Looking through the entries, count each line where the string "under" occurs, and write only the total.

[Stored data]
---+---

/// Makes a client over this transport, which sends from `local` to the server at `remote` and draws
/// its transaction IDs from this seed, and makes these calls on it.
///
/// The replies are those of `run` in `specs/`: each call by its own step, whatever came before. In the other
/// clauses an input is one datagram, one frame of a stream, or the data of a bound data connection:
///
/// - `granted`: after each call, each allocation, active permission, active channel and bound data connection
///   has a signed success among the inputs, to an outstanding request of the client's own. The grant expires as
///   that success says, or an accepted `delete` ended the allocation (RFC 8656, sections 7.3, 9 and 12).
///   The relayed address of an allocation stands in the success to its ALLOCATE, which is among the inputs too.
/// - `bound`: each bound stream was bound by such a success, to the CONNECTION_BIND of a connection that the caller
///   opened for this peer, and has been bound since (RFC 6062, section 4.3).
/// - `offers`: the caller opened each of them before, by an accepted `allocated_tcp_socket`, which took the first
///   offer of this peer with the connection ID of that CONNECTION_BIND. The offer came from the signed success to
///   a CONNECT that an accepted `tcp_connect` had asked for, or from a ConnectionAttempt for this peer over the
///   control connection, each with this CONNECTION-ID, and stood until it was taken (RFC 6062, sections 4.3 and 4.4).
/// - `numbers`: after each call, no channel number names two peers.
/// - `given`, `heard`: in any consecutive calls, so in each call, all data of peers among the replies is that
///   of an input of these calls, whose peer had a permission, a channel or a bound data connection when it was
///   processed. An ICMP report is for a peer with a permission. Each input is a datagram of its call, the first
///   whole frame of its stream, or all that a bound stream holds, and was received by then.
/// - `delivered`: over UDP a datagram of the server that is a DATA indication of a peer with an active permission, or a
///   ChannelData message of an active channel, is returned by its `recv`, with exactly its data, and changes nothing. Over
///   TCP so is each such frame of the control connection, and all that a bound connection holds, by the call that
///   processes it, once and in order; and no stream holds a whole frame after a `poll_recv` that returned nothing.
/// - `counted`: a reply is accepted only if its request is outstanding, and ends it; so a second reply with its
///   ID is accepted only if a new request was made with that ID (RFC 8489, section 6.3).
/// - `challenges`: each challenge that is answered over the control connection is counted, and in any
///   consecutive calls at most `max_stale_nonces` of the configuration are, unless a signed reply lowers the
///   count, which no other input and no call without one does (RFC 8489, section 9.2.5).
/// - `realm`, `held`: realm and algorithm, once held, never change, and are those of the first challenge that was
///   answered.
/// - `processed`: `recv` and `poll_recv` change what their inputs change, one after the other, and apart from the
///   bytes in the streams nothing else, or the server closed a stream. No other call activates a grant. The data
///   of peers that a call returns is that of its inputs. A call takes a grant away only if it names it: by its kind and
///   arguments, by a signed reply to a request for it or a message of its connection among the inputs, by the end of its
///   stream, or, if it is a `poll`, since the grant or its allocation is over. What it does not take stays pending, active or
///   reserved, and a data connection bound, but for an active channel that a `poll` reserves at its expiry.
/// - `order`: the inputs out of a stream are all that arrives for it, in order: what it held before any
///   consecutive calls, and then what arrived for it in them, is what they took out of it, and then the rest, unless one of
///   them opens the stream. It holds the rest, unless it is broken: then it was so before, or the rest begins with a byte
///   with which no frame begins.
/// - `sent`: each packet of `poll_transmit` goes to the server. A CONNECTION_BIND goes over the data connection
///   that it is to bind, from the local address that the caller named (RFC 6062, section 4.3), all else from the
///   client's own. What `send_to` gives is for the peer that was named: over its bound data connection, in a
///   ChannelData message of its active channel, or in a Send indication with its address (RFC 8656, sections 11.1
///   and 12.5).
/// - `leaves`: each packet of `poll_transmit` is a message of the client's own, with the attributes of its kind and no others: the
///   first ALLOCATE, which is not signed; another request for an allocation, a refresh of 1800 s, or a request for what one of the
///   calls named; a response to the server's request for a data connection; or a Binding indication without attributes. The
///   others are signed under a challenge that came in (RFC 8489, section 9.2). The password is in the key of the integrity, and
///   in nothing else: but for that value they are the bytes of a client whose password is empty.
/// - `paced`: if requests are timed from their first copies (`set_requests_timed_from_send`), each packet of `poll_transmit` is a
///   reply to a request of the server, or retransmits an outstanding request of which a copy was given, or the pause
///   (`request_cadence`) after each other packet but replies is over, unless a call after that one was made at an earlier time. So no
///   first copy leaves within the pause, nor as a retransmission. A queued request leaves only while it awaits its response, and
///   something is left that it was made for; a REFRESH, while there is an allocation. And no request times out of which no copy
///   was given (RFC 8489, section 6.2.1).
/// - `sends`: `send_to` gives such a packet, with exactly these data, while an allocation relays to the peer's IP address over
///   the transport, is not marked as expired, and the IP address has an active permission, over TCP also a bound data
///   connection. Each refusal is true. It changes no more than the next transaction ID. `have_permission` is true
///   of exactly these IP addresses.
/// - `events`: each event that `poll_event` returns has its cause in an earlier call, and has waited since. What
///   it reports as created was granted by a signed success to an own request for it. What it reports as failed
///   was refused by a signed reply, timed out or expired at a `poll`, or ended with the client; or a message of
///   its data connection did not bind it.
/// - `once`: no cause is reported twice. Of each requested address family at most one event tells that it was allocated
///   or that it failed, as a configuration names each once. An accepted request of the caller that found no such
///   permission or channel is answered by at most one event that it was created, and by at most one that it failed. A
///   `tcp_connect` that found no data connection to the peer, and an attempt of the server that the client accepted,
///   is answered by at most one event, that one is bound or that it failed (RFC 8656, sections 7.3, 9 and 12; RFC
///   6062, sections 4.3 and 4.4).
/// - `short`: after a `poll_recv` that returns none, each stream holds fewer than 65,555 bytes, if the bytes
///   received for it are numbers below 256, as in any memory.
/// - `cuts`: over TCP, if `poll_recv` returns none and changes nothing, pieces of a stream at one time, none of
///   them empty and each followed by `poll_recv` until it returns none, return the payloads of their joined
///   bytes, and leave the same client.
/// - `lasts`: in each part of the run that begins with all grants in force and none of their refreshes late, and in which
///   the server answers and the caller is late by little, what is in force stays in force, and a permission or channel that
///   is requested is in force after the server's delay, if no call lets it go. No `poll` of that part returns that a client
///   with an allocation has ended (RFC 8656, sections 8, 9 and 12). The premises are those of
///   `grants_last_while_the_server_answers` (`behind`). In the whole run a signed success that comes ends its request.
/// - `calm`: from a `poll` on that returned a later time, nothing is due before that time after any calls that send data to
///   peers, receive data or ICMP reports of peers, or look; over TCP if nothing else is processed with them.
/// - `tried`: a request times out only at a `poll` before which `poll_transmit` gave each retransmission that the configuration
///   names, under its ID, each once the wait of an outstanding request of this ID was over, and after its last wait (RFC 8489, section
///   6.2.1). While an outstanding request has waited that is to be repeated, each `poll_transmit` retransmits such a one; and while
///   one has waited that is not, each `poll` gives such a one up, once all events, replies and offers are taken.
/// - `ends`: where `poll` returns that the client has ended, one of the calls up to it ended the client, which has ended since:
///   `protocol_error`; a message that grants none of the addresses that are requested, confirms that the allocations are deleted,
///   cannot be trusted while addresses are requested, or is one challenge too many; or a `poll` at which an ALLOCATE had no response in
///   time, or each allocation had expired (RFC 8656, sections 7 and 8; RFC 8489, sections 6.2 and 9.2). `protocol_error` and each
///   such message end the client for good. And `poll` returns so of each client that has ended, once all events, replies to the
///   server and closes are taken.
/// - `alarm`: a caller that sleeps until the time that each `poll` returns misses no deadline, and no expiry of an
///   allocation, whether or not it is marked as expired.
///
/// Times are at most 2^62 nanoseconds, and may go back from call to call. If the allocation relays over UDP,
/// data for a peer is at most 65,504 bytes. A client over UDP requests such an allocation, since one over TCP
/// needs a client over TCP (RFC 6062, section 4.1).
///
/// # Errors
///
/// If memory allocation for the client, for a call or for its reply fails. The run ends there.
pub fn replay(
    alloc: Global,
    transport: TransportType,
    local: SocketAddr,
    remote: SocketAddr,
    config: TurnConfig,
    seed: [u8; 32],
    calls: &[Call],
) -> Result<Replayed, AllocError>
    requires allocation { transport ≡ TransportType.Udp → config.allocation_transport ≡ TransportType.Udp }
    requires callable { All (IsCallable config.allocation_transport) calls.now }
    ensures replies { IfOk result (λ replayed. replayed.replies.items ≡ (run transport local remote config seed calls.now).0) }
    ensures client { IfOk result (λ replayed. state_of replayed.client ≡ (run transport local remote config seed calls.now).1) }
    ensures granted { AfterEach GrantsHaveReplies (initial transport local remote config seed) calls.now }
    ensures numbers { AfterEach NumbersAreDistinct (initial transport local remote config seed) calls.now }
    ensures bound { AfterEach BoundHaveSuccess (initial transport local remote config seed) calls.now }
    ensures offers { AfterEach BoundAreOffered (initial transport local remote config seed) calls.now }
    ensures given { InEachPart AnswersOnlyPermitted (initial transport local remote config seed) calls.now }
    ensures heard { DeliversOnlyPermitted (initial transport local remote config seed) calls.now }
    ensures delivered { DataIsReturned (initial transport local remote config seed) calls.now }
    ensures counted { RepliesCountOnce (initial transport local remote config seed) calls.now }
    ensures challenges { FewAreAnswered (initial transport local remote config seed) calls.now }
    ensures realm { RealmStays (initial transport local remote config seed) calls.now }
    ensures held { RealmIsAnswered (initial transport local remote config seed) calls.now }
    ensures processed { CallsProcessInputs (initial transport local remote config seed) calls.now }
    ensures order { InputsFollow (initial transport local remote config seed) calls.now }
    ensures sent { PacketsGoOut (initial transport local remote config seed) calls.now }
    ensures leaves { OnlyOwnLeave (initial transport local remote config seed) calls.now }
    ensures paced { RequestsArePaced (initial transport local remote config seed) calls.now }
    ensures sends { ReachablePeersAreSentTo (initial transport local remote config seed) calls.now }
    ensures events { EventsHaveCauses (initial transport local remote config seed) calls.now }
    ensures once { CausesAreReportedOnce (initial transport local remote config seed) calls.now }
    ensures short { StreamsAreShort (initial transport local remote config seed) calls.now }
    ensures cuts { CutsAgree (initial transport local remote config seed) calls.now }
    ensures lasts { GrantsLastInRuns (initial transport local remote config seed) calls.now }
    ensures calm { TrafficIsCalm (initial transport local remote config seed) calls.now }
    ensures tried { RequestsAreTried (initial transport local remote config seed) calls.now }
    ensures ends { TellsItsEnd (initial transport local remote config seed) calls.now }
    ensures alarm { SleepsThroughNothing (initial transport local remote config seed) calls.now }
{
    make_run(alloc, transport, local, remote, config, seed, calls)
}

---+---

ANSWER FOR THIS EXERCISE:
2